Material provided: Begin

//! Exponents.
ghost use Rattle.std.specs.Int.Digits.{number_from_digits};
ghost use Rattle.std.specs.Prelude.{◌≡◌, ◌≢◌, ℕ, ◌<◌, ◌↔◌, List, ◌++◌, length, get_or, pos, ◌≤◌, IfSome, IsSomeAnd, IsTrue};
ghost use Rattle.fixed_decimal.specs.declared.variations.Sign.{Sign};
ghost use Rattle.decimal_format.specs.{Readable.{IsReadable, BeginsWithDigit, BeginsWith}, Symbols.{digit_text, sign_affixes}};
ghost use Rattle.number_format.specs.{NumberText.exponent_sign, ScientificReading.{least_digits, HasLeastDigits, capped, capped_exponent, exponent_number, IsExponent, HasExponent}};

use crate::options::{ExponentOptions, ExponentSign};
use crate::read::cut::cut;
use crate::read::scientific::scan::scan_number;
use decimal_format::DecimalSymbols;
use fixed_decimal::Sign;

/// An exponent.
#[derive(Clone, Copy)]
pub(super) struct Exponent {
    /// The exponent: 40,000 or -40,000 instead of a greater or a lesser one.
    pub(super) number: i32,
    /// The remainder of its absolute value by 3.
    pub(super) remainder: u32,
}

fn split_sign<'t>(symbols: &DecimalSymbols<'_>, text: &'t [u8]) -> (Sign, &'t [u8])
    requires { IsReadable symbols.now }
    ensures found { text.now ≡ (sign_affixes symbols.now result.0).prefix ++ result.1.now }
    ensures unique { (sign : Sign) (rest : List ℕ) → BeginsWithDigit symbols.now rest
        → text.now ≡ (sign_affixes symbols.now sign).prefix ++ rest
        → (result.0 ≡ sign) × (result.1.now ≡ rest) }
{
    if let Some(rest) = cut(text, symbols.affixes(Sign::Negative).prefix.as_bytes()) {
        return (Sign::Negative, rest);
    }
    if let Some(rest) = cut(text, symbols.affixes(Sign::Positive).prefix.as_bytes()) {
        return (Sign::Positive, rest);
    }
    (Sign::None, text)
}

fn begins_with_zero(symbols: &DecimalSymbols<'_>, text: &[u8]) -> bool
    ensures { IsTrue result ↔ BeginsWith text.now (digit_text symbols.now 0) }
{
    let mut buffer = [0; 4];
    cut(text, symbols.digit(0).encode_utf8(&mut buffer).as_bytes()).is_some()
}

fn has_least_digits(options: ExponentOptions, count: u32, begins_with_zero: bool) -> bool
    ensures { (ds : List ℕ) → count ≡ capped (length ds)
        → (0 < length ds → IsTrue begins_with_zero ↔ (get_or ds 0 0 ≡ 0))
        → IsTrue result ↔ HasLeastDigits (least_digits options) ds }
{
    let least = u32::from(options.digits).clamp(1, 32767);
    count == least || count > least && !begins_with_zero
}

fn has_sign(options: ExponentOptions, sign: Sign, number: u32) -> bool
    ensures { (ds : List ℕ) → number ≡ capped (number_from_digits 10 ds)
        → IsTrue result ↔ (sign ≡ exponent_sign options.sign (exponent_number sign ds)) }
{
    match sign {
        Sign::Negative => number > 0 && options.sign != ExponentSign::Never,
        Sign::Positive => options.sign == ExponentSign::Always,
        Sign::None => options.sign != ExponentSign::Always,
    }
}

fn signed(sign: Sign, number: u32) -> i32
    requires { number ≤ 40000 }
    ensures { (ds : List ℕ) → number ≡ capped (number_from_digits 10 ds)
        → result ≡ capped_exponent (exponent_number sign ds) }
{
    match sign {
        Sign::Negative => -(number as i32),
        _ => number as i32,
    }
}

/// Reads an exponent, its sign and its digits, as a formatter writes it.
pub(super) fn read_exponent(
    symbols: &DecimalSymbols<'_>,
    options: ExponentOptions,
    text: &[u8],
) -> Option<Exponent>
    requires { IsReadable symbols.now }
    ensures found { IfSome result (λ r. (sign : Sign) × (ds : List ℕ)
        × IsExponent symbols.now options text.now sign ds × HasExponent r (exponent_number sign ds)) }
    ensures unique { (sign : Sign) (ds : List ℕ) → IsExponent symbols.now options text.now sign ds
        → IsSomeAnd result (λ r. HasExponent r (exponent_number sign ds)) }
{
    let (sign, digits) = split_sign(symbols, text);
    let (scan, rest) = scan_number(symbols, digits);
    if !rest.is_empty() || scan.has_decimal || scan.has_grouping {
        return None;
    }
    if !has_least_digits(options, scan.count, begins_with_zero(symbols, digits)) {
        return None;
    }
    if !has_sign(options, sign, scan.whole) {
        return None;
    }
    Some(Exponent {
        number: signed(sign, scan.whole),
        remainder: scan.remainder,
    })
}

Material provided: End

Your goal -> Copy the records above exactly, beginning at the line that contains "use crate::read::scientific::scan::scan_number;" and stopping after the line that contains "value by 3.".

Output below ->
use crate::read::scientific::scan::scan_number;
use decimal_format::DecimalSymbols;
use fixed_decimal::Sign;

/// An exponent.
#[derive(Clone, Copy)]
pub(super) struct Exponent {
    /// The exponent: 40,000 or -40,000 instead of a greater or a lesser one.
    pub(super) number: i32,
    /// The remainder of its absolute value by 3.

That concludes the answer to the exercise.